WHAT TO WORK ON:
Below is a block of records. Copy every line in it that contains the word "identifier".

=== MATERIAL PROVIDED ===

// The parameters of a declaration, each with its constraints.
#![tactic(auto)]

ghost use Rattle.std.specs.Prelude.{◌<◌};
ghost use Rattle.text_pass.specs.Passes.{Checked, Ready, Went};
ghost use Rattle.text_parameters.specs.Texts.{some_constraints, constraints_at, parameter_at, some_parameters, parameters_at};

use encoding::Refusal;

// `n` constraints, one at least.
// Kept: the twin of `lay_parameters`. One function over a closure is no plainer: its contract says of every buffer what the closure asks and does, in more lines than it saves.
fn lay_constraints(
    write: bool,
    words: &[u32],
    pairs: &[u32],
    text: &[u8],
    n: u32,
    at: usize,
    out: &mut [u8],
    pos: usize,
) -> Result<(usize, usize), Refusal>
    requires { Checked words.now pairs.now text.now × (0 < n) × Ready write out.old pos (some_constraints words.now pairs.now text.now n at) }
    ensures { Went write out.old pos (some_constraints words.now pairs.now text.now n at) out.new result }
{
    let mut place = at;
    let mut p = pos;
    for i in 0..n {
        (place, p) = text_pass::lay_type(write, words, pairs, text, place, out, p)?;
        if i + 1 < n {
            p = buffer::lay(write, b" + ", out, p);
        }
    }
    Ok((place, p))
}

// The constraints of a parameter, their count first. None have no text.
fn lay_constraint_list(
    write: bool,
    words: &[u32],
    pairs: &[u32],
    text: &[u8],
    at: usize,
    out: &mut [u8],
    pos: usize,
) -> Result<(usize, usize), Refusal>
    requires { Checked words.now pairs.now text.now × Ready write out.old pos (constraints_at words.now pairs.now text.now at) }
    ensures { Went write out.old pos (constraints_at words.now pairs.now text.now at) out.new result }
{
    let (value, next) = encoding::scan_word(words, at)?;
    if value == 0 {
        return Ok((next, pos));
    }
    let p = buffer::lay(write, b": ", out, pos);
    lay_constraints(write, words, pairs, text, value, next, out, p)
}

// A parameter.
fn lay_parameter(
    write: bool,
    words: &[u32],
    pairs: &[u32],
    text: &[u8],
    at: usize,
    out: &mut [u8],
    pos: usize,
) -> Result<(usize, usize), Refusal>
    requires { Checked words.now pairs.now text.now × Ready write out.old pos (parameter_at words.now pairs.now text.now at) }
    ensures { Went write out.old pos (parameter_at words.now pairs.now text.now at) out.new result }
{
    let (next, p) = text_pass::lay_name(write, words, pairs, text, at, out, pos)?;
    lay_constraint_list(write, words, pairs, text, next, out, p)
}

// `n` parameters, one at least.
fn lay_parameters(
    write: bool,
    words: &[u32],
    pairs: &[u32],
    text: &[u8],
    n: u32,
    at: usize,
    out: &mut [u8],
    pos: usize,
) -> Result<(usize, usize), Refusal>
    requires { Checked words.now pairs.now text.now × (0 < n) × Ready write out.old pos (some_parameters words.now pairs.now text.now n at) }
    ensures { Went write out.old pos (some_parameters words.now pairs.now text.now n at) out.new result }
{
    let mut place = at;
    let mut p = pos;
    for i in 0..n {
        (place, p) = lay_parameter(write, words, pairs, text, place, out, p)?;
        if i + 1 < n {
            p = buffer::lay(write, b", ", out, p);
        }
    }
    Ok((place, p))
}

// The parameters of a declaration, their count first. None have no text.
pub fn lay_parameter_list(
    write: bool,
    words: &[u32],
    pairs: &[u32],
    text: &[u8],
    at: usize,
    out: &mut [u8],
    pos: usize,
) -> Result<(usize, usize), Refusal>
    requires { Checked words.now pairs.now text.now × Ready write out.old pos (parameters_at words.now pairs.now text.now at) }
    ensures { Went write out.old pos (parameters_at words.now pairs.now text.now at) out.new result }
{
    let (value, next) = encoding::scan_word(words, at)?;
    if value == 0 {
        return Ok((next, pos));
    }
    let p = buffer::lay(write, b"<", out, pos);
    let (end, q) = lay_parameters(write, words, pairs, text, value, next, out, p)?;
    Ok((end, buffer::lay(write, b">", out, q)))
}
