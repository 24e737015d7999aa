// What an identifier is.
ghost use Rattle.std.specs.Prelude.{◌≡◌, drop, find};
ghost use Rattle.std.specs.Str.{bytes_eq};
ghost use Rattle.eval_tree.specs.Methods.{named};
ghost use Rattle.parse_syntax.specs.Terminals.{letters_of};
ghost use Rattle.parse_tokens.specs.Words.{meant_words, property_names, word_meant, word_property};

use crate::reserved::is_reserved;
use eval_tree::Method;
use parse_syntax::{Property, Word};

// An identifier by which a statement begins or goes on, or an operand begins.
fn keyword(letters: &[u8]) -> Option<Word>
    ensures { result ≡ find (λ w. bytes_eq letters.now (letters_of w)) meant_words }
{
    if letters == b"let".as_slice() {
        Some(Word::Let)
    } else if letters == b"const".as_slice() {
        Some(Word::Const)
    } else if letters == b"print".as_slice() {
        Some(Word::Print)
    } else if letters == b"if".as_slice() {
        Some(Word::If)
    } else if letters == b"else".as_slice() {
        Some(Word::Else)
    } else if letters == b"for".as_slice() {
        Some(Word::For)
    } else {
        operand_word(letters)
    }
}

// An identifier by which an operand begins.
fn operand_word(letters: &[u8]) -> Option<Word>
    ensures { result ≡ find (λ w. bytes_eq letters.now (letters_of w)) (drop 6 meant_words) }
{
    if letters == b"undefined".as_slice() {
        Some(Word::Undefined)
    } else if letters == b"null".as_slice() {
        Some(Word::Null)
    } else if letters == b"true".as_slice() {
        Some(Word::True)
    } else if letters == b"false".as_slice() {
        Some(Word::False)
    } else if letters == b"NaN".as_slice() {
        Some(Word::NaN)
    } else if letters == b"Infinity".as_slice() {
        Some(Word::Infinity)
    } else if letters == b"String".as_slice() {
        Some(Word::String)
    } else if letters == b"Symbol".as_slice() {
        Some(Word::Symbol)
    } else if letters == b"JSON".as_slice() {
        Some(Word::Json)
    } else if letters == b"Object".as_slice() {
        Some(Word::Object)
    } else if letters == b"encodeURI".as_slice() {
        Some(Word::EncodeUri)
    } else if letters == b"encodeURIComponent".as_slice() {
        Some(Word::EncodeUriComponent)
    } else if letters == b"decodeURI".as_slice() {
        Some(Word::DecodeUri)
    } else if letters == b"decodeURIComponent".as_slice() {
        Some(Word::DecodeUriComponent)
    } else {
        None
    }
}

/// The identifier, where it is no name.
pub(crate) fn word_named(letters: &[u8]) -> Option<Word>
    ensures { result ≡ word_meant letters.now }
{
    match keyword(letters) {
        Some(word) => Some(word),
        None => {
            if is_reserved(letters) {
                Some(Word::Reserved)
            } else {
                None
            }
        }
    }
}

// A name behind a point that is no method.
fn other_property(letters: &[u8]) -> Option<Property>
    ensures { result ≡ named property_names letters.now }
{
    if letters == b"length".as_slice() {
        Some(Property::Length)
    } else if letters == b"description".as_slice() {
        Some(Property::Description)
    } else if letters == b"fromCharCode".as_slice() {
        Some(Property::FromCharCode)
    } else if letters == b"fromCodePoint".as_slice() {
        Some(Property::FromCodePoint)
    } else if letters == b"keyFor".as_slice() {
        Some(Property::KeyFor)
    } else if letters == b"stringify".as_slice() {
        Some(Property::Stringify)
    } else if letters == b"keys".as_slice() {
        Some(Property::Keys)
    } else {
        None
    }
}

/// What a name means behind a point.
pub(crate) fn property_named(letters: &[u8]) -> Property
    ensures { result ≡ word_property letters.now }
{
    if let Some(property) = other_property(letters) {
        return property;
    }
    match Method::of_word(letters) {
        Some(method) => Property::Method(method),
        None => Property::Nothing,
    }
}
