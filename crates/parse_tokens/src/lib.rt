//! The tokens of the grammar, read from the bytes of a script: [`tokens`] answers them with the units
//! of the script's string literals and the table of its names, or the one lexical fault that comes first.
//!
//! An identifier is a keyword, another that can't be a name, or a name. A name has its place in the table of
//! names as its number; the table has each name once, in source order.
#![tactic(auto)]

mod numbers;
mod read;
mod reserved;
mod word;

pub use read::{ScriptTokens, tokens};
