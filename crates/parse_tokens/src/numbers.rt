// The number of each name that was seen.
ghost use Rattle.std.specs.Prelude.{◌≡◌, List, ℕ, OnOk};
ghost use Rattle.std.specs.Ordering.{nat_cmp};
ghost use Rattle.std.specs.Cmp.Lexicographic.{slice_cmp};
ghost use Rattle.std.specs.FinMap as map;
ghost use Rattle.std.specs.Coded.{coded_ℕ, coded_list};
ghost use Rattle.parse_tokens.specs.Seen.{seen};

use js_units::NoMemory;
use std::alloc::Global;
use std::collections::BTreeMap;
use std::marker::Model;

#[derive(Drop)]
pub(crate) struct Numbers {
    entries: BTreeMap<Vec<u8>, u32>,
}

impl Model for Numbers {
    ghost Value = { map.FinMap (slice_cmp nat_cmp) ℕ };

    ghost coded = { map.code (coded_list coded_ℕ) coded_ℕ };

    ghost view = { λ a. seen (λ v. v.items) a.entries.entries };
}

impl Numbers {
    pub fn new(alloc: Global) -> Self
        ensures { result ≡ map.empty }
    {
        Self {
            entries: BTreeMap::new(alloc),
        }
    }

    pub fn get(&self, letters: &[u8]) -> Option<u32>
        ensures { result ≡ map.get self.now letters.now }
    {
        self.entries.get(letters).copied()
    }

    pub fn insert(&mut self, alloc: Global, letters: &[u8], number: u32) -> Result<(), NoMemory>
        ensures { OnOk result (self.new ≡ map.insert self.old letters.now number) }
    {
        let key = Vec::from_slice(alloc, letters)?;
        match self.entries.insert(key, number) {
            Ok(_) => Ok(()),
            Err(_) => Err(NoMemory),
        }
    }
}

===

TASK RESPONSE:
// What an identifier is.
// An identifier by which a statement begins or goes on, or an operand begins.
// An identifier by which an operand begins.
/// The identifier, where it is no name.
//! An identifier is a keyword, another that can't be a name, or a name. A name has its place in the table of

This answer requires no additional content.